• [Aim of the exercise] From the material below, list every line containing "Global".

• [Records for this task]
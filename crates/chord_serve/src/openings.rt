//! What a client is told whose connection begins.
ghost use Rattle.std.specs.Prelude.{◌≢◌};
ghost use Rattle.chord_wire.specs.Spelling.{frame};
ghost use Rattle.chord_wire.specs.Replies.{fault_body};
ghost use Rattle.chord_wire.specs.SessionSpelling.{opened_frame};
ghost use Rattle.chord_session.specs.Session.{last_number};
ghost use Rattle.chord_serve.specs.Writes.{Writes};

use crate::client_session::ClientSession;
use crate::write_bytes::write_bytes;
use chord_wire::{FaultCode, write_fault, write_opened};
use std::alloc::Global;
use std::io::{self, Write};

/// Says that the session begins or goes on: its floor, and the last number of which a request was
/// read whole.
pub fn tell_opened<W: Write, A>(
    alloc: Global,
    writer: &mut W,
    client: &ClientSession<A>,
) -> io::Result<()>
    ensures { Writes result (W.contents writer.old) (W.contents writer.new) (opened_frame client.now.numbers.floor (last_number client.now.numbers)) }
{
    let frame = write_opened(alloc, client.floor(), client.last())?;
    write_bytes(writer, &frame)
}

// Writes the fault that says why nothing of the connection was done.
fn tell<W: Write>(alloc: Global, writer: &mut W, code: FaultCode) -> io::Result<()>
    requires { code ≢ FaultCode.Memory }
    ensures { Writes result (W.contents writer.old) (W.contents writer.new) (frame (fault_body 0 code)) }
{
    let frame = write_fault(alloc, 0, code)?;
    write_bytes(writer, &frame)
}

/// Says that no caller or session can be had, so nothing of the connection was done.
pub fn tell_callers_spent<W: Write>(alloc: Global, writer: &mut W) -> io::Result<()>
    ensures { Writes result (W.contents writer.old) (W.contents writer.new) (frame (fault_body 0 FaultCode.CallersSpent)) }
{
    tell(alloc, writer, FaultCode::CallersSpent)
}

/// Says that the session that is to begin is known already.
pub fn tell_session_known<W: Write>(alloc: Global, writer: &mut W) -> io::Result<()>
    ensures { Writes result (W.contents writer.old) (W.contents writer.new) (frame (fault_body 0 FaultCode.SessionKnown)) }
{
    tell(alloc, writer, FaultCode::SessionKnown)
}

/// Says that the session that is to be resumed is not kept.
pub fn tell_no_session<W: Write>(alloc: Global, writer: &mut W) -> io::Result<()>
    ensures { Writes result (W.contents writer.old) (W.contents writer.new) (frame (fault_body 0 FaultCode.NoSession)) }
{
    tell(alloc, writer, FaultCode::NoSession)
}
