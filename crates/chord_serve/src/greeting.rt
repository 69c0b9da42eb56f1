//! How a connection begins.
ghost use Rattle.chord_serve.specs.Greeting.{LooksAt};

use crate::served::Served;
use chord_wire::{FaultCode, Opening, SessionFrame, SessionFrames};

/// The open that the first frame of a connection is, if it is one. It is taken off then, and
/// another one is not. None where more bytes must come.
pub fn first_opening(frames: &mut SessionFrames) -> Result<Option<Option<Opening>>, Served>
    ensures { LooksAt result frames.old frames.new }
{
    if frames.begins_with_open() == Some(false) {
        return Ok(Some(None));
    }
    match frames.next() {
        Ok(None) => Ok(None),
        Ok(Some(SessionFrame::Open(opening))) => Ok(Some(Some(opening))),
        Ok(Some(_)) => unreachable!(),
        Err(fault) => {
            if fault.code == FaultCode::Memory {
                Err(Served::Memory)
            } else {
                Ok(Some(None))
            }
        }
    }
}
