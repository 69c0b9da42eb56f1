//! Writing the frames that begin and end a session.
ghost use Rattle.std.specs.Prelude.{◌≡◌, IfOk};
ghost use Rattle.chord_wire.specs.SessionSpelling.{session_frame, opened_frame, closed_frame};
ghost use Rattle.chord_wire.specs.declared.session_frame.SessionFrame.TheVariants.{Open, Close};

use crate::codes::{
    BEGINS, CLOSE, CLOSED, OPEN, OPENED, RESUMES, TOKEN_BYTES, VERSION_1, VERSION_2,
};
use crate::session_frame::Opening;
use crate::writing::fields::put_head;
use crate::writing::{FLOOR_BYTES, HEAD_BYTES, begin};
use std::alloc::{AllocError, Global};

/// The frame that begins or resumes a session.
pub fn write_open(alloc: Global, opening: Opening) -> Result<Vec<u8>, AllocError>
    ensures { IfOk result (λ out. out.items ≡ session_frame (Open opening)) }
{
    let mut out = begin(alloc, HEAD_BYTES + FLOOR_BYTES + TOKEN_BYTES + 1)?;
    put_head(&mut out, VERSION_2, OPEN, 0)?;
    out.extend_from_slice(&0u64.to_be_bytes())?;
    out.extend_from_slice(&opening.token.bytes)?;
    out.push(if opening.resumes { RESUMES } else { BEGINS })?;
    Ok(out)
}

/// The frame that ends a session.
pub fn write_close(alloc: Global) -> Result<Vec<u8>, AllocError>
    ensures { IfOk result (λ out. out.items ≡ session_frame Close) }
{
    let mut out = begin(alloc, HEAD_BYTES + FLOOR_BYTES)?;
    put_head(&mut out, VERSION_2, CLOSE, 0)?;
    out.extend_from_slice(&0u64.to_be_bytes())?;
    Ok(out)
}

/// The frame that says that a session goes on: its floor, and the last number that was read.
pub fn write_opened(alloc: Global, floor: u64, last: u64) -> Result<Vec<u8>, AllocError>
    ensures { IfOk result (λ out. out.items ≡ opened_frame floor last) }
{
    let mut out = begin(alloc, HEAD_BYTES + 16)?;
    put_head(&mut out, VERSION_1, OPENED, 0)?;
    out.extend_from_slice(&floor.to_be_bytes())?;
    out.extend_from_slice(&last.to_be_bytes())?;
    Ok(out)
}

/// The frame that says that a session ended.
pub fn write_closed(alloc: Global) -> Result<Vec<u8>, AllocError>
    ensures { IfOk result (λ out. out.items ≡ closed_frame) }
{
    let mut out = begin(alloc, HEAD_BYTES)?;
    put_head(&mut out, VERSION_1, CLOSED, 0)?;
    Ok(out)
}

• [Your response]
use std::alloc::Global;
    alloc: Global,
fn tell<W: Write>(alloc: Global, writer: &mut W, code: FaultCode) -> io::Result<()>
pub fn tell_callers_spent<W: Write>(alloc: Global, writer: &mut W) -> io::Result<()>
pub fn tell_session_known<W: Write>(alloc: Global, writer: &mut W) -> io::Result<()>
pub fn tell_no_session<W: Write>(alloc: Global, writer: &mut W) -> io::Result<()>
use std::alloc::{AllocError, Global};
pub fn write_open(alloc: Global, opening: Opening) -> Result<Vec<u8>, AllocError>
pub fn write_close(alloc: Global) -> Result<Vec<u8>, AllocError>
pub fn write_opened(alloc: Global, floor: u64, last: u64) -> Result<Vec<u8>, AllocError>
pub fn write_closed(alloc: Global) -> Result<Vec<u8>, AllocError>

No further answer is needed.